Historical contribution to warming is not static. China is already at #2 and other emerging economies are catching up.
“Loss and damage has fulfilled a similar function some other topics that have arisen in the negotiations, all of which have served to extract concessions from the industrialised (another outdated label) countries as the price for cooperation on the main goal.
“When it was first raised, no-one knew what it was supposed to cover. There is no chance of broad acceptance of any commitments based on ‘liability’ or ‘compensation’. What is certain, assuming a new fund or window is agreed, is that yet another inefficient bureaucratic mechanism will be created in the UNFCCC to service it.
“In terms of the global goals, the most useful feature at this COP may be one that has nothing to do with the COP – the
US Energy Transition Accelerator, a public and private sector scheme to help countries mobilise investment in their clean energy transitions.
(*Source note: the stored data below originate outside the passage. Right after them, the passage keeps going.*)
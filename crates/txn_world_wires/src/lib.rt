//! What two parties keep: the record, the two wires between them, and what the controllers know.
//!
//! [`Parties`] has all of a world but the resource's session and its id source: the record, the
//! items that wait to arrive, the answers that were put back, and of each transaction what its
//! controller knows. A declare and a discharge are sent on the controller's end of its link, a
//! `WireSender`, by the calls of `amqp_controller_calls`; an answer that returns is filled in there
//! and heard by the poll of its call. [`Parties::happen`] is every event but an arrival; what an
//! arrival adds, the crate `txn_world` adds, which has the session. `exchange_of` in `specs/` gives
//! the two parties as the definitions of `txn_parties` speak of them.
#![tactic(auto)]

mod control_call;
mod control_links;
mod controllers;
mod parties;
mod tag;
mod waiting;

pub use control_call::{ControlCall, Hearing};
pub use control_links::{ControlLinks, Request};
pub use controllers::{Controllers, Transaction};
pub use parties::Parties;
pub use tag::Tag;
pub use waiting::{ForwardWire, Waiting};
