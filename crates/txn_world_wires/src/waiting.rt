//! The items that wait on the forward wire.

ghost use Rattle.std.specs.Prelude.{◌≡◌, ◌∷◌, ◌++◌, [], List, MatchOption, IfOk, OnOk, OnErr, drop, option_to_list};
ghost use Rattle.txn_parties.specs.declared.item.Item.{Item};
ghost use Rattle.txn_parties.specs.declared.item.Item.TheVariants as items;
ghost use Rattle.txn_parties.specs.Items.{step_of};
ghost use Rattle.txn_world_wires.specs.Tags.{item_of};

use crate::tag::Tag;
use amqp_resource_record::Step;
use amqp_txn_codec::{ControlMessageBody, Declare, Discharge};
use amqp_txn_types::{Frame, NoMemory, TransactionId};
use std::alloc::Global;
use std::collections::VecDeque;
use std::marker::Model;

/// An item that waits to arrive, with the step that it is. A contract sees the item.
#[derive(Debug, Drop)]
pub struct Waiting {
    tag: Tag,
    step: Step,
}

impl Model for Waiting {
    ghost use Rattle.std.specs.Prelude.{◌≡◌};
    ghost use Rattle.txn_parties.specs.declared.item.Item.{Item};
    ghost use Rattle.txn_parties.specs.Items.{step_of};
    ghost use Rattle.txn_world_wires.specs.Tags.{item_of};

    ghost Value = { Item };

    ghost view = { λ q. item_of q.tag q.step };

    ghost invariant = { λ q. step_of (item_of q.tag q.step) ≡ q.step };
}

impl Waiting {
    /// The declare of a transaction, without a global id.
    pub fn declare(alloc: Global, txn: u32, link: u64) -> Result<Self, NoMemory>
        ensures { IfOk result (λ item. item ≡ items.Declare txn link) }
    {
        let message = ControlMessageBody::Declare(Declare { global_id: None });
        Ok(Waiting {
            tag: Tag::Declare { txn, link },
            step: Step::Control {
                link,
                payload: message.encode(alloc)?,
            },
        })
    }

    /// The discharge of a transaction.
    pub fn discharge(
        alloc: Global,
        txn: u32,
        link: u64,
        id: TransactionId,
        rollback: bool,
    ) -> Result<Self, NoMemory>
        ensures { IfOk result (λ item. item ≡ items.Discharge txn link id rollback) }
    {
        let message = ControlMessageBody::Discharge(Discharge {
            txn_id: id,
            fail: Some(rollback),
        });
        Ok(Waiting {
            tag: Tag::Discharge {
                txn,
                link,
                id,
                rollback,
            },
            step: Step::Control {
                link,
                payload: message.encode(alloc)?,
            },
        })
    }

    /// The end of a control link.
    pub fn link_end(link: u64) -> Self
        ensures { result ≡ items.LinkEnd link }
    {
        Waiting {
            tag: Tag::LinkEnd { link },
            step: Step::LinkEnd { link },
        }
    }

    /// A frame.
    pub fn frame(frame: Frame) -> Self
        ensures { result ≡ items.Frame frame }
    {
        Waiting {
            tag: Tag::Frame,
            step: Step::Frame(frame),
        }
    }

    /// The step that the item is.
    pub fn step(&self) -> &Step
        ensures { result.now ≡ step_of self.now }
    {
        &self.step
    }

    /// What the item is, and its step.
    pub fn into_parts(self) -> (Tag, Step)
        ensures item { item_of result.0 result.1 ≡ self }
        ensures step { result.1 ≡ step_of self }
    {
        (self.tag, self.step)
    }
}

/// The items that wait, in order. A contract sees them as a list.
#[derive(Drop)]
pub struct ForwardWire {
    items: VecDeque<Waiting>,
}

impl Model for ForwardWire {
    ghost use Rattle.std.specs.Prelude.{List};
    ghost use Rattle.txn_parties.specs.declared.item.Item.{Item};

    ghost Value = { List Item };

    ghost view = { λ w. w.items.items };
}

impl ForwardWire {
    /// No item.
    pub fn new(alloc: Global) -> Self
        ensures { result ≡ [] }
    {
        ForwardWire {
            items: VecDeque::new(alloc),
        }
    }

    /// Puts an item after all others. Where memory runs out the wire is as it was.
    pub fn put(&mut self, item: Waiting) -> Result<(), NoMemory>
        ensures ok { OnOk result (self.new ≡ self.old ++ item ∷ []) }
        ensures err { OnErr result (self.new ≡ self.old) }
    {
        match self.items.push_back(item) {
            Ok(()) => Ok(()),
            Err(unkept) => {
                drop(unkept);
                Err(NoMemory)
            }
        }
    }

    /// Takes back the item that was put last.
    pub fn take_back(&mut self)
        ensures { (list : List Item) (item : Item) → self.old ≡ list ++ item ∷ []
            → self.new ≡ list }
    {
        let last = self.items.pop_back();
        drop(last);
    }

    /// The first item.
    pub fn first(&self) -> Option<&Waiting>
        ensures { MatchOption result (self.now ≡ [])
            (λ item. (rest : List Item) × (self.now ≡ item.now ∷ rest)) }
    {
        self.items.front()
    }

    /// The first item, which leaves the wire.
    pub fn pop(&mut self) -> Option<Waiting>
        ensures item { self.old ≡ option_to_list result ++ self.new }
        ensures rest { self.new ≡ drop 1 self.old }
    {
        self.items.pop_front()
    }
}
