//! The links of a broker.

ghost use Rattle.std.specs.Prelude.{◌≡◌, option_copied};
ghost use Rattle.std.specs.Option.{option_or};
ghost use Rattle.txn_broker_queues.specs.Queues.{address_of, is_final, is_receiver, is_sender, removed_numbers, source_address, target_address};

use amqp_txn_types::{Attach, DeliveryState, Disposition, Role, Source, TargetArchetype, Text};

/// A link that is attached: its queue, and which end the peer is.
#[derive(Clone, Copy)]
pub struct Link {
    /// The number of its queue, by first attach.
    pub queue: usize,
    /// Which end the peer is.
    pub peer: Role,
}

/// The address of a node that takes messages.
fn target_address(target: &Option<TargetArchetype>) -> Option<&Text>
    ensures { option_copied result ≡ target_address target.now }
{
    match target {
        Some(TargetArchetype::Target(target)) => target.address.as_ref(),
        Some(TargetArchetype::Coordinator(_)) | None => None,
    }
}

/// The address of a node that messages come from.
fn source_address(source: &Option<Source>) -> Option<&Text>
    ensures { option_copied result ≡ source_address source.now }
{
    match source {
        Some(source) => source.address.as_ref(),
        None => None,
    }
}

/// The address of a source, where it has one, else that of a target.
fn source_or_target<'a>(
    source: &'a Option<Source>,
    target: &'a Option<TargetArchetype>,
) -> Option<&'a Text>
    ensures { option_copied result
        ≡ option_or (source_address source.now) (target_address target.now) }
{
    match source_address(source) {
        Some(address) => Some(address),
        None => target_address(target),
    }
}

/// The address that an attach names: that of its target; for a receiver that of its source, where
/// that has one.
pub(crate) fn address_of(attach: &Attach) -> Option<&Text>
    ensures { option_copied result ≡ address_of attach.now }
{
    match attach.role {
        Role::Sender => target_address(&attach.target),
        Role::Receiver => source_or_target(&attach.source, &attach.target),
    }
}

/// Whether the peer sends on a link of its role.
pub(crate) fn is_sender(role: Role) -> bool
    ensures { result ≡ is_sender role }
{
    matches!(role, Role::Sender)
}

fn is_receiver(role: Role) -> bool
    ensures { result ≡ is_receiver role }
{
    matches!(role, Role::Receiver)
}

/// Whether an outcome takes a message from its queue.
fn is_final(state: &Option<DeliveryState>) -> bool
    ensures { result ≡ is_final state.now }
{
    matches!(
        state,
        Some(DeliveryState::Accepted) | Some(DeliveryState::Rejected(_)),
    )
}

/// The numbers that a disposition takes from their queues: from the first up to, but not with, the
/// second.
pub(crate) fn removed_numbers(disposition: &Disposition) -> Option<(usize, usize)>
    ensures { result ≡ removed_numbers disposition.now }
{
    if !is_receiver(disposition.role) || !is_final(&disposition.state) {
        return None;
    }
    let last = disposition.last.unwrap_or(disposition.first);
    Some((disposition.first as usize, last as usize + 1))
}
“It has several innovative ideas – including that recipient countries will be able to sell any carbon credits generated. (This is unlike New Zealand’s forthcoming international carbon markets foray to meet our 50/2030 target where we will be getting the credits.) It’s one example of autonomous action.
“This paralysis of COPs is abetted by poor negotiating tactics by Europe and some others, especially those most concerned about ‘international reputation’. It now looks as if some face-saving language on mitigation from developing countries will secure an outcome on loss and damage. But what does that really amount to in terms of global progress?
“What matters most now is not grand declarations
on unattainable targets but the speed of the energy transition, most of all in the 20 or so countries that make up 80% of global emissions. And that means trillions of dollars of investment by 2030 – another scale altogether from the amount or money realistically in play under loss and damage.
“The COP has contributed nothing to this.”